Optimization of beam parameters for dual‐energy digital subtraction angiography

Abstract

Dual-energy digital subtraction angiography (DSA) is immune to the misregistration artifacts which plague conventional temporal subtraction DSA. However, since the signal-to-noise ratio (SNR) of dual-energy DSA is lower than temporal subtraction it is important to optimize the dual-energy technique with respect to the SNR. This study investigates the optimization of x-ray exposure parameters for the low- and high-energy x-ray beams, drawing upon our experience with dual-energy DSA studies in 20 cardiac patients. It is shown that the SNR is optimized, with respect to patient exposure, when the image intensifier (II) exposure for the high-energy beam is approximately 5 times higher than the low-energy beam.
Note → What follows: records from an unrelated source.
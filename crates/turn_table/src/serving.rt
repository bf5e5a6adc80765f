//! The steps of one turn: draw a ticket, wait for it, step the value, and let the next one in.
ghost use Rattle.std.specs.Prelude.{◌≡◌, ◌<◌, []};
ghost use Rattle.turn_table.specs.Steps.{IsServed, IsReady, IsTurnMade, drawn};

use crate::board::{Held, Place, Top};
use crate::plays::{Come, Draw, End, Read};
use crate::stepped::Stepped;
use std::snapshot::Snapshot;
use std::sync::Wait;
use std::thread;

/// Draws the next ticket. Where there is none it waits for ever.
pub(crate) fn draw<V: Stepped, R: Wait>(rt: &R, top: &Top<V>, place: &mut Place<V>) -> u64
    requires table { (place.old.table_id ≡ top.now.table_id) × (top.now.table_id.words ≡ 2) }
    requires free { place.old.me.0.stage ≡ 1 }
    ensures ticket { (place.new.me ≡ (drawn place.old.me.0 result, place.old.me.1)) × (result < 18446744073709551615) }
    ensures table { place.new.table_id ≡ place.old.table_id }
{
    for _ in rt.forever() {
        let next = top.load::<Read>(place, 1);
        if next < u64::MAX && top.compare_exchange::<Draw>(place, 1, next, next + 1) == next {
            return next;
        }
    }
    unreachable!()
}

/// Waits until the ticket is served. The load that finds it takes the value.
pub(crate) fn wait<V: Stepped, R: Wait>(rt: &R, top: &Top<V>, place: &mut Place<V>, ticket: u64)
    requires table { (place.old.table_id ≡ top.now.table_id) × (top.now.table_id.words ≡ 2) }
    requires waits { (place.old.me.0.stage ≡ 2) × (place.old.me.1 ≡ []) × (place.old.me.0.met ≡ []) × (place.old.me.0.ticket ≡ ticket) }
    ensures served { IsServed V.goes place.old.me ticket place.new.me }
    ensures table { place.new.table_id ≡ place.old.table_id }
{
    for _ in rt.forever() {
        if top.load::<Come<V>>(place, 0) == ticket {
            return;
        }
        thread::yield_now();
    }
    unreachable!()
}

/// Steps the value, and gives it back with the turn.
pub(crate) fn serve<V: Stepped>(top: &Top<V>, place: &mut Place<V>, event: V::Event) -> V::Reply
    requires table { (place.old.table_id ≡ top.now.table_id) × (top.now.table_id.words ≡ 2) }
    requires served { IsReady V.goes place.old.me }
    requires first { V.for_first event → place.old.me.0.name ≡ [] }
    ensures turn { IsTurnMade V.goes V.for_first place.old.me.0 event result place.new.me }
    ensures table { place.new.table_id ≡ place.old.table_id }
{
    let held = top.exchange(place, 0, None);
    let Some(
        Held {
            mut value,
            event: _,
            reply: _,
        },
    ) = held
    else {
        unreachable!()
    };
    let said = Snapshot::of(&event);
    let reply = value.step(event);
    let told = Snapshot::of(&reply);
    let stepped = Held {
        value,
        event: Some(said),
        reply: Some(told),
    };
    top.exchange(place, 0, Some(stepped));
    top.fetch_add::<End<V>>(place, 0, 1);
    reply
}
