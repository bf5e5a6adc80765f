//! Playing a scenario: each line is its event, and `settle` goes in rounds until nothing is in transit.
#![tactic(auto)]

mod playing;
mod round;

pub use playing::{Played, play};
pub use world::{StepError, World};
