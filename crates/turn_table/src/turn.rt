//! `Turn`, a value and the one history of its turns.
ghost use Rattle.std.specs.Prelude.{◌≡◌, ◌≢◌, [], length, IfOk};
ghost use Rattle.turn_table.specs.Steps.{IsSound};
ghost use Rattle.turn_table.specs.Seats.{view_of, IsNew, IsTurn, IsSplit, IsUnchanged, IsJoined};

use crate::board::{Board, Held};
use crate::plays::{Cut, Glue, Meet};
use crate::seat::{Seat, Seen};
use crate::serving::{draw, serve, wait};
use crate::stepped::Stepped;
use address::OutOfMemory;
use atomic_table::Table;
use std::alloc::Global;
use std::snapshot::Snapshot;
use std::sync::Wait;

/// A value that the holders of its seats step, one after the other.
#[derive(Drop)]
pub struct Turn<V: Stepped> {
    pub(crate) board: Board<V>,
    ghost sized: { board.shared.table_id.words ≡ 2 },
}

impl<V: Stepped> Turn<V> {
    /// A table of turns on this value, and the first seat. Without memory the value is dropped.
    pub fn new(alloc: Global, value: V) -> Result<(Turn<V>, Seat<V>), OutOfMemory>
        ensures ok { IfOk result (λ t. (t.1.place.table_id ≡ t.0.board.shared.table_id) × IsNew value (view_of t.1.place)) }
    {
        let about = Snapshot::of(&value);
        let mut slots = Vec::with_capacity(alloc, 1)?;
        slots.push(Some(Held {
            value,
            event: None,
            reply: None,
        }))?;
        match Table::new(alloc, &[0, 0], slots, &about) {
            Ok((board, place)) => Ok((
                Turn { board },
                Seat {
                    place,
                    turns: 0,
                    mine: 0,
                },
            )),
            Err(_) => Err(OutOfMemory),
        }
    }

    /// Makes one turn: waits for the value, steps it, and lets the next one in.
    pub fn turn<R: Wait>(&self, rt: &R, seat: &mut Seat<V>, event: V::Event) -> V::Reply
        requires seat { seat.old.place.table_id ≡ self.now.board.shared.table_id }
        requires first { V.for_first event → (view_of seat.old.place).name ≡ [] }
        ensures turn { IsTurn V.goes (view_of seat.old.place) event result (view_of seat.new.place) }
        ensures sound { IsSound V.for_first (view_of seat.new.place) }
        ensures seat { seat.new.place.table_id ≡ seat.old.place.table_id }
    {
        let top = &self.board.shared;
        let ticket = draw(rt, top, &mut seat.place);
        wait(rt, top, &mut seat.place, ticket);
        let reply = serve(top, &mut seat.place, event);
        seat.turns = ticket + 1;
        seat.mine += 1;
        reply
    }

    /// How many turns the seat has seen, and how many of them are its own.
    pub fn look(&self, seat: &Seat<V>) -> Seen
        requires seat { seat.now.place.table_id ≡ self.now.board.shared.table_id }
        ensures counts { (result.turns ≡ length (view_of seat.now.place).seen) × (result.mine ≡ length (view_of seat.now.place).own) }
        ensures sound { IsSound V.for_first (view_of seat.now.place) }
    {
        Seen {
            turns: seat.turns,
            mine: seat.mine,
        }
    }

    /// A seat beside this one, which has seen the same. It is not the first seat.
    pub fn split(&self, seat: &mut Seat<V>) -> Seat<V>
        requires seat { seat.old.place.table_id ≡ self.now.board.shared.table_id }
        ensures new { IsSplit (view_of seat.old.place) (view_of result.place) }
        ensures same { IsUnchanged (view_of seat.old.place) (view_of seat.new.place) }
        ensures sound { IsSound V.for_first (view_of seat.new.place) × IsSound V.for_first (view_of result.place) }
        ensures seats { (seat.new.place.table_id ≡ seat.old.place.table_id) × (result.place.table_id ≡ seat.old.place.table_id) }
    {
        let top = &self.board.shared;
        let mut place = top.split_seat::<Cut>(&mut seat.place);
        top.load::<Meet<V>>(&mut place, 0);
        Seat {
            place,
            turns: seat.turns,
            mine: 0,
        }
    }

    /// Takes in another seat, which is not the first. Its turns stay known beside the seat's own.
    pub fn join(&self, seat: &mut Seat<V>, other: Seat<V>)
        requires seats { (seat.old.place.table_id ≡ self.now.board.shared.table_id) × (other.place.table_id ≡ self.now.board.shared.table_id) }
        requires other { (view_of other.place).name ≢ [] }
        ensures joined { IsJoined (view_of seat.old.place) (view_of other.place) (view_of seat.new.place) }
        ensures sound { IsSound V.for_first (view_of seat.new.place) }
        ensures seat { seat.new.place.table_id ≡ seat.old.place.table_id }
    {
        let top = &self.board.shared;
        let Seat {
            place,
            turns,
            mine: _,
        } = other;
        top.join_seat::<Glue>(&mut seat.place, place);
        top.load::<Meet<V>>(&mut seat.place, 0);
        if seat.turns < turns {
            seat.turns = turns;
        }
    }
}

/// A `Turn` and a `Seat` may be sent to another thread and shared between threads: the check proves it here.
#[allow(dead_code)]
fn cross_threads<V: Stepped + Send + Sync>(turn: &Turn<V>, seat: &Seat<V>)
where
    V::Event: Sync,
    V::Reply: Sync,
{
    needs_send_and_sync(turn);
    needs_send_and_sync(seat);
}

/// Takes what may be sent and shared.
fn needs_send_and_sync<T: Send + Sync>(_value: &T) {}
The unequal distribution of exposure between the low- and high-energy beams is achieved by selecting different video apertures for the two beams, and is therefore referred to as the "dual-aperture" technique. The dual-aperture technique achieves the same SNR as the single-aperture technique (which uses equal II exposures for the two beams) with 45% less patient exposure. In addition, the dual-aperture technique enhances the ability to maintain an optimum low-energy kVp, which increases the dual-energy signal amplitude. The optimum high-beam filter thickness for use with the dual-aperture approach is determined. The optimum filter thickness, which is dependent upon the desired tube loading, is found to range from 1.3 to 2.0 mm Cu for tube loads ranging from 188 to 688 J/beam pair.